The first note was fully funded on February 13, 2018, upon which
the Company received $75,000 of net proceeds (net of a 10% original
issue discount). The notes bear an interest rate of 8% and were due
and payable on October 12, 2018. The notes may be converted by Adar
at any time after eight months from issuance into shares of our
common stock (as determined in the notes) calculated at the time of
conversion, except for the second note, which also requires full
payment by Adar of the secured note it issued to us before
conversions may be made. The conversion price of the notes will be
equal to 60% of the lowest trading price of the common stock for
the 20 prior trading days including the day upon which the Company
receive a notice of conversion. The notes may be prepaid in
accordance with the terms set forth in the notes. The notes also
contain certain representations, warranties, covenants and events
of default including if the Company are delinquent in our periodic
report filings with the SEC and increases in the amount of the
principal and interest rates under the notes in the event of such
defaults. In the event of default, at Adar’s option and in
its sole discretion, Adar may consider the notes immediately due
and payable. As of December 31, 2018, the note had been converted
and no balance remained outstanding. In addition, at December 31,
2018, the Company recorded a $63,525 beneficial conversion feature
which was fully amortized at year end.
On
February 22, 2018, the Company entered into a securities purchase
agreement with Power Up, providing for the purchase by Power Up
from the Company of a convertible note in the aggregate principal
amount of $53,000. The note bears an interest rate of 12% and is
due and payable on November 30, 2018. The note may be converted by
Power Up at any time after 180 days from issuance into shares of
Company’s common stock at a conversion price equal to 58% of
the average of the lowest two-day trading prices of the common
stock during the 15 trading days prior to conversion. The note may
be prepaid in accordance with its terms, at premiums ranging from
15% to 40%, depending on the time of prepayment. The note contains
certain representations, warranties, covenants and events of
default, including if the Company is delinquent in its periodic
report filings with the SEC, and provides for increases in
principal and interest in the event of such defaults. As of
December 31, the note had been converted and no balance remained
outstanding. In addition, at December 31, 2018, the Company
recorded a $38,379 beneficial conversion feature which was fully
amortized at year end.
On
March 12, 2018, the Company entered into a securities purchase
agreement with Eagle Equities, LLC, providing for the purchase by
Eagle of a convertible redeemable note in the principal amount of
$66,667. The note was fully funded on March 14, 2018, upon which
the Company received $51,000 of net proceeds (net of a 10% original
issue discount and other expenses). The note bears an interest rate
of 8% and are due and payable on March 12, 2019. The note may be
converted by Eagle at any time after twelve months from issuance
into shares of our common stock (as determined in the notes)

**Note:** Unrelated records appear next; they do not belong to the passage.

//! The bytes of a program.

use smlc_base::{Bytes, Row};

/// A program laid out at an address.
#[derive(Debug, Drop)]
pub struct Code {
    /// The instructions in order, four bytes each, the lowest byte first.
    pub bytes: Bytes,
    /// The address of each label.
    pub at: Row<u64>,
}
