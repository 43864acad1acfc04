//! What a program is made of.

ghost use Rattle.std.specs.Prelude.{◌≡◌};
ghost use Rattle.rv_asm.specs.Item.{size};

use rv_isa::Ins;

/// A part of a program. A label is named by its number.
#[derive(Clone, Copy, Debug, PartialEq, Eq)]
pub enum Item {
    /// One instruction.
    Plain(Ins),
    /// A jump to a label: AUIPC and JALR, through x31.
    Jump(u32),
    /// A register becomes the address of a label: AUIPC and ADDI.
    Address(u8, u32),
}

impl Item {
    /// How many instructions it is.
    pub fn size(self) -> u64
        ensures { result ≡ size self }
    {
        match self {
            Item::Plain(_) => 1,
            Item::Jump(_) | Item::Address(_, _) => 2,
        }
    }
}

calculated at the time of conversion, except for the second note,
which also requires full payment by Eagle of the secured note it
issued to us before conversions may be made. The conversion price
of the notes will be equal to 60% of the lowest trading price of
the common stock for the 20 prior trading days including the day
upon which the Company receive a notice of conversion. The notes
may be prepaid in accordance with the terms set forth in the notes.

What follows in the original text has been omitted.